** Opening Material provided block **

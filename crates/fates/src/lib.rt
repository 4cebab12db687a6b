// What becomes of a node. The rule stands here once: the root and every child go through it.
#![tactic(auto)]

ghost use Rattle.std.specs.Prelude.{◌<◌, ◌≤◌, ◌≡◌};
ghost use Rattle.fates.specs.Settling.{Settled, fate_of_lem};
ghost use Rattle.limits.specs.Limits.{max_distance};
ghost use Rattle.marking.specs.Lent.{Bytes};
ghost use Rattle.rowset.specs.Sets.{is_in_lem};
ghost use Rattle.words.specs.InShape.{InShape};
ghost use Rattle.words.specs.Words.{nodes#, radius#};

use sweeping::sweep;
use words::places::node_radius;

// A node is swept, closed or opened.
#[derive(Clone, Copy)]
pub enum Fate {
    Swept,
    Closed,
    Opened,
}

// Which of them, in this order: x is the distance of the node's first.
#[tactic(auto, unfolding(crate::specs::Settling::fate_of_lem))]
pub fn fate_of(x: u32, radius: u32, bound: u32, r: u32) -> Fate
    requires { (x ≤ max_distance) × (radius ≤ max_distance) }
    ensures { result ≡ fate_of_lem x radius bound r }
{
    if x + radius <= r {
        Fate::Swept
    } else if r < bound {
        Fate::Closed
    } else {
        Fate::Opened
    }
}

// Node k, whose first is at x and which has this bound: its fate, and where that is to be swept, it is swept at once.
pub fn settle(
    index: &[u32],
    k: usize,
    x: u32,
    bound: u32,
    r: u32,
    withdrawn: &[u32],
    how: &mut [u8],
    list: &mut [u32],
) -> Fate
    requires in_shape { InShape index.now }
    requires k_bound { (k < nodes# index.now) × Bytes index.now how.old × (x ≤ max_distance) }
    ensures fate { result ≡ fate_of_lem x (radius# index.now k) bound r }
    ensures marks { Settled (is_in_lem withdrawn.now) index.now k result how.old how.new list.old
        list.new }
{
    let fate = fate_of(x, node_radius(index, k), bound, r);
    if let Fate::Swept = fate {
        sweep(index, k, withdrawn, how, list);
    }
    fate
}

** Closing Material provided block **
** Opening Material provided block **

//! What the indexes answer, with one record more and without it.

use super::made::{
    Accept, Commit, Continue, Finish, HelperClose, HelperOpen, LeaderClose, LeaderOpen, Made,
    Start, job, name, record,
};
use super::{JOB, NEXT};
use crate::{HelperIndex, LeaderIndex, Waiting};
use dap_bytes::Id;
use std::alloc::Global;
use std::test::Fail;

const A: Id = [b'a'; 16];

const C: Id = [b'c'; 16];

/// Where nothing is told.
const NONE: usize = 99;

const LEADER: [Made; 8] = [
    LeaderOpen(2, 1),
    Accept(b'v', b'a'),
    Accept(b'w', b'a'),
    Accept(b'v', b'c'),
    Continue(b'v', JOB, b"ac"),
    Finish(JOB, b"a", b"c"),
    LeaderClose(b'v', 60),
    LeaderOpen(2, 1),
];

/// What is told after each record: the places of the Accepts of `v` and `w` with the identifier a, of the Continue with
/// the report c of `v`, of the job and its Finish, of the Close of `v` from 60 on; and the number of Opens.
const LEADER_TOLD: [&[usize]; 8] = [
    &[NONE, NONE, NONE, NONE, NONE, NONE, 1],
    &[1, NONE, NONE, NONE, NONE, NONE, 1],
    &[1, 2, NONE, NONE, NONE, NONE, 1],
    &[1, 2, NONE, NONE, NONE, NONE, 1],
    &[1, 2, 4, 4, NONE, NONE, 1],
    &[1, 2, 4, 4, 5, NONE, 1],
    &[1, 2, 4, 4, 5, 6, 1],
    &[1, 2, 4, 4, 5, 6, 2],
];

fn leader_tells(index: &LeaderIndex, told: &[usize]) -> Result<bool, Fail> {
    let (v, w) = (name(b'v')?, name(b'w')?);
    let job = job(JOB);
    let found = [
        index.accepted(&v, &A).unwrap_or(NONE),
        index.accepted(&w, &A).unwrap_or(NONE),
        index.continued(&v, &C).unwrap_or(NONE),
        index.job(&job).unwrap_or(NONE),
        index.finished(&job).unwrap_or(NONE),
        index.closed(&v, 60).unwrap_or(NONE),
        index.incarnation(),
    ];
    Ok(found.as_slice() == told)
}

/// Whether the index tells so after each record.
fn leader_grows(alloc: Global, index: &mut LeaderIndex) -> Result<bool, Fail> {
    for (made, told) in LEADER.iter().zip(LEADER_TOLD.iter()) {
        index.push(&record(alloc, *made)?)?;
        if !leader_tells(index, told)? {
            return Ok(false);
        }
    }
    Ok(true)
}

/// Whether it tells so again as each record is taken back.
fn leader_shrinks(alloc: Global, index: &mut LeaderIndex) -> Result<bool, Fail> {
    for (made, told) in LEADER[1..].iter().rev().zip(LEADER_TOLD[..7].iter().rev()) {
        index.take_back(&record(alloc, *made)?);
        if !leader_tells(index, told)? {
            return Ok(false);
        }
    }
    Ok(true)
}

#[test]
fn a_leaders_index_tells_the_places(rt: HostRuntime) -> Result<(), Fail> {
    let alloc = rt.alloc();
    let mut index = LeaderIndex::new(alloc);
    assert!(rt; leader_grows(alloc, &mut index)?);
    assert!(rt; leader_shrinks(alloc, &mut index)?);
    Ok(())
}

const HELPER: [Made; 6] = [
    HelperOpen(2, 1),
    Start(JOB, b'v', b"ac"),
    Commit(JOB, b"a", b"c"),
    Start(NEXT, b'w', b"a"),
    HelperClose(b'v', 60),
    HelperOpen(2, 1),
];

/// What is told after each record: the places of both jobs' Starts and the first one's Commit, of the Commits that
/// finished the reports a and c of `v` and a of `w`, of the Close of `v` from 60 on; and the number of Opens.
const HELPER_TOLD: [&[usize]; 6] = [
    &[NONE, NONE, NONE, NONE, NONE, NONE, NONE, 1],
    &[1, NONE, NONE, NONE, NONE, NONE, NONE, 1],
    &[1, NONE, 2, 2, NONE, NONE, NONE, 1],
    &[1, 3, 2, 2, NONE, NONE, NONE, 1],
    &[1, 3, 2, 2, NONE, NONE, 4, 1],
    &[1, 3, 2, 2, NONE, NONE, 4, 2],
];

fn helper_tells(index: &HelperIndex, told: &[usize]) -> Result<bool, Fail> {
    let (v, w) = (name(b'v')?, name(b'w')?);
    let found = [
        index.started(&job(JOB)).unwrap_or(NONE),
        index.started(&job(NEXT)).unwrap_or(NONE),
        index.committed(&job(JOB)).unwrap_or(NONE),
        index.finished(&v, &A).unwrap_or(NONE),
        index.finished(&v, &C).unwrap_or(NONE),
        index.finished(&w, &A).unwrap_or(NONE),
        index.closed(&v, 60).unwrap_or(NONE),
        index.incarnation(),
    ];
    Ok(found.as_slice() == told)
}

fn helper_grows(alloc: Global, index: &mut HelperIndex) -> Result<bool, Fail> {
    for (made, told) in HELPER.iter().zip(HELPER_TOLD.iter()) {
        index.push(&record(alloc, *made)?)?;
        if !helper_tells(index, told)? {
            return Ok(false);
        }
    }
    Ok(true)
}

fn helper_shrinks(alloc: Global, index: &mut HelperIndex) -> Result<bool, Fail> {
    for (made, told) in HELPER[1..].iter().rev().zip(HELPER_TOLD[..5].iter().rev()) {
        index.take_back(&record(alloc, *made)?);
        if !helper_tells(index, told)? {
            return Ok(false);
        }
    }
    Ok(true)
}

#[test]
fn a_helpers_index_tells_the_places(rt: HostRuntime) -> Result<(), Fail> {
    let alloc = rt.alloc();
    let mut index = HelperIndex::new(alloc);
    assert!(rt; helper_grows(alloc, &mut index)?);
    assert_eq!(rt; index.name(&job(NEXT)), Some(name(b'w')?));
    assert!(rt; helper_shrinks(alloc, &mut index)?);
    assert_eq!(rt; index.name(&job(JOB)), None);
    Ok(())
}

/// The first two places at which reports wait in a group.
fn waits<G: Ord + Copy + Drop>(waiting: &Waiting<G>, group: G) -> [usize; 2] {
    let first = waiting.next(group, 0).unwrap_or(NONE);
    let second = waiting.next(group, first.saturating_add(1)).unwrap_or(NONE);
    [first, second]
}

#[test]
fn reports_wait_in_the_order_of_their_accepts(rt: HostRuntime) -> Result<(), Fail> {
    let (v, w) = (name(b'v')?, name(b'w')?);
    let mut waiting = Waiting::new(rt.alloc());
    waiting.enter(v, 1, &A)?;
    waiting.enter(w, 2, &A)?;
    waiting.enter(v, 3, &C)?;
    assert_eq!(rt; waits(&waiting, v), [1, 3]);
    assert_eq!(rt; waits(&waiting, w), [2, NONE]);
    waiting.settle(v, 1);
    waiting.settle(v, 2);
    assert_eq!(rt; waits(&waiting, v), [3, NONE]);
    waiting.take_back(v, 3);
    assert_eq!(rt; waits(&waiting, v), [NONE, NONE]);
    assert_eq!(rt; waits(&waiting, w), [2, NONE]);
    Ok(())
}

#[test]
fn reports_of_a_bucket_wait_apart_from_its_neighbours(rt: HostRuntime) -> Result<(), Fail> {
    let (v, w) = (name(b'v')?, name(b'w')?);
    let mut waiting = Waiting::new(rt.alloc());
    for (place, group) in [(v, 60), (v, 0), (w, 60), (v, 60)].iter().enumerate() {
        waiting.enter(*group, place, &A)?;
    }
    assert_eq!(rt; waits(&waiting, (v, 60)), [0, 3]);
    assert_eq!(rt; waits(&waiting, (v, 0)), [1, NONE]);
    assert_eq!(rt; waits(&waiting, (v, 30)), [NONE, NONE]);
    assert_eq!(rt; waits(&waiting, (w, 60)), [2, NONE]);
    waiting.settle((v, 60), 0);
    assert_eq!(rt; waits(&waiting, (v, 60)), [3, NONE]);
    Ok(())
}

** Closing Material provided block **
** Opening Material provided block **

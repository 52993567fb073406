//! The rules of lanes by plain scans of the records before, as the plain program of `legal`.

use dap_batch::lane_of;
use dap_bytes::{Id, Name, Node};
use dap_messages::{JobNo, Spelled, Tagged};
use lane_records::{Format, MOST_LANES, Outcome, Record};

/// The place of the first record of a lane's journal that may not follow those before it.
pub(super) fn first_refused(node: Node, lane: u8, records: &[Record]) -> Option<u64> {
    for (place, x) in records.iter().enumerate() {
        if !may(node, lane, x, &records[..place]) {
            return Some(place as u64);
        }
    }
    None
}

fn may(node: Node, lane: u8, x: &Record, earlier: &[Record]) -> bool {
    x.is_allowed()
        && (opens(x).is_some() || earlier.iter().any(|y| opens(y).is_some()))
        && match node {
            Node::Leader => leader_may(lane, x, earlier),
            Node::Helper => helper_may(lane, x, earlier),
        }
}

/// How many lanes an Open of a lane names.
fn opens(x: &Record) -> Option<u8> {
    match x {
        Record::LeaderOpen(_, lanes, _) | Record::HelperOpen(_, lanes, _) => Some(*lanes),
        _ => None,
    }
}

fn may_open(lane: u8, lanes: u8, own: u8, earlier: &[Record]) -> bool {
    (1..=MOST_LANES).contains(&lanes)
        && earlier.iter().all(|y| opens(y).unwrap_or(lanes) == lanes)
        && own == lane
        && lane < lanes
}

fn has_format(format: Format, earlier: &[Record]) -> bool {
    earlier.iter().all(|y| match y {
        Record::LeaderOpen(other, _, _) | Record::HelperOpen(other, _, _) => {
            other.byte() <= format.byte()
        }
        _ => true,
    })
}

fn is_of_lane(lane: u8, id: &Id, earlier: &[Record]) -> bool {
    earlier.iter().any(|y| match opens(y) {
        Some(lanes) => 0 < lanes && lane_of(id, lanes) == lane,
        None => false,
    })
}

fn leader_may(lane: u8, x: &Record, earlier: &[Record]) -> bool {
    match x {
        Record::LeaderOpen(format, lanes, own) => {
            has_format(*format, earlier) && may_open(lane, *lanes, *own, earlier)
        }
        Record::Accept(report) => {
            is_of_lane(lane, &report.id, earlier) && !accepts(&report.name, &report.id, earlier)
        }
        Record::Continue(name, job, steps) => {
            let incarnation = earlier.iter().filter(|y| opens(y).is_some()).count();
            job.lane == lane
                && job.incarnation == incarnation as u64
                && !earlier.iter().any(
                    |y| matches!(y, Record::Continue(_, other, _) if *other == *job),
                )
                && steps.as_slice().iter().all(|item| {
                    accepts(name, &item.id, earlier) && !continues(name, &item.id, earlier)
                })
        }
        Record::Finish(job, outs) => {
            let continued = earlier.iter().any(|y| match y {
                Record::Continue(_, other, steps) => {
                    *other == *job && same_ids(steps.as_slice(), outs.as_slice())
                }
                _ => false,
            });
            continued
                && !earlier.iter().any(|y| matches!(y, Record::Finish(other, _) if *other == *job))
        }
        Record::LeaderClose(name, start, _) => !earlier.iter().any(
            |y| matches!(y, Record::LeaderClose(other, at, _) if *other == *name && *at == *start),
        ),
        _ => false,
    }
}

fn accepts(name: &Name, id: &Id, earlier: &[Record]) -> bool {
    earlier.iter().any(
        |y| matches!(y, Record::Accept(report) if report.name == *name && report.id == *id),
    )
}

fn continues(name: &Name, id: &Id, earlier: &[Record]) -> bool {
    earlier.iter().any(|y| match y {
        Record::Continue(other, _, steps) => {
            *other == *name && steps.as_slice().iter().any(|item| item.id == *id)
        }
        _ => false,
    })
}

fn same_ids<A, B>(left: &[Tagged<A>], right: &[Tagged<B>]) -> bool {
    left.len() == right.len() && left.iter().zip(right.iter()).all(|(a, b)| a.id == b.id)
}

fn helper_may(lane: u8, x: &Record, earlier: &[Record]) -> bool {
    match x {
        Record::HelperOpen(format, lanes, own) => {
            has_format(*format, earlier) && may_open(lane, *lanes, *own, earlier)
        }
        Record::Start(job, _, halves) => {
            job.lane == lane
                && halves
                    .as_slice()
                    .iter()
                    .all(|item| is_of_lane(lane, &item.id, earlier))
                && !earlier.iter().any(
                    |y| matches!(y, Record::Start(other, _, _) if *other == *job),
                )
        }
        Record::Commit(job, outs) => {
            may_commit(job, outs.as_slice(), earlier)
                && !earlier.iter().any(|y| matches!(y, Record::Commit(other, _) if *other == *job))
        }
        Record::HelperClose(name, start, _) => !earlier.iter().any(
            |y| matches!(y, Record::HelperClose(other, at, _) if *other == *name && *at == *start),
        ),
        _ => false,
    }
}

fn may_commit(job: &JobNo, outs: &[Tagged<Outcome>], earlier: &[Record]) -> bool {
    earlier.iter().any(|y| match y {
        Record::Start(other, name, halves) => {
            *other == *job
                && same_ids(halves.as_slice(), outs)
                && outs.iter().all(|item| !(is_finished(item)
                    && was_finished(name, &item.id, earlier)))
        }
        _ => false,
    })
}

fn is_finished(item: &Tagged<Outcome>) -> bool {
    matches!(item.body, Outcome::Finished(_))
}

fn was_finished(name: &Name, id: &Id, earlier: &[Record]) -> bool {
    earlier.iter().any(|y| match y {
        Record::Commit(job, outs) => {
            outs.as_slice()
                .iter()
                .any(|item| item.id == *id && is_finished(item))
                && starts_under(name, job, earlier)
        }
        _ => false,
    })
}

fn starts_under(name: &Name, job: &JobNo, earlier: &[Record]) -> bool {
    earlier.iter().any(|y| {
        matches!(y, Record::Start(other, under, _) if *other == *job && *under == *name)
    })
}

** Closing Material provided block **

Problem requirements - Within the data above, filter for lines containing the word "group" and copy each one.

Written reply -
/// The first two places at which reports wait in a group.
fn waits<G: Ord + Copy + Drop>(waiting: &Waiting<G>, group: G) -> [usize; 2] {
    let first = waiting.next(group, 0).unwrap_or(NONE);
    let second = waiting.next(group, first.saturating_add(1)).unwrap_or(NONE);
    for (place, group) in [(v, 60), (v, 0), (w, 60), (v, 60)].iter().enumerate() {
        waiting.enter(*group, place, &A)?;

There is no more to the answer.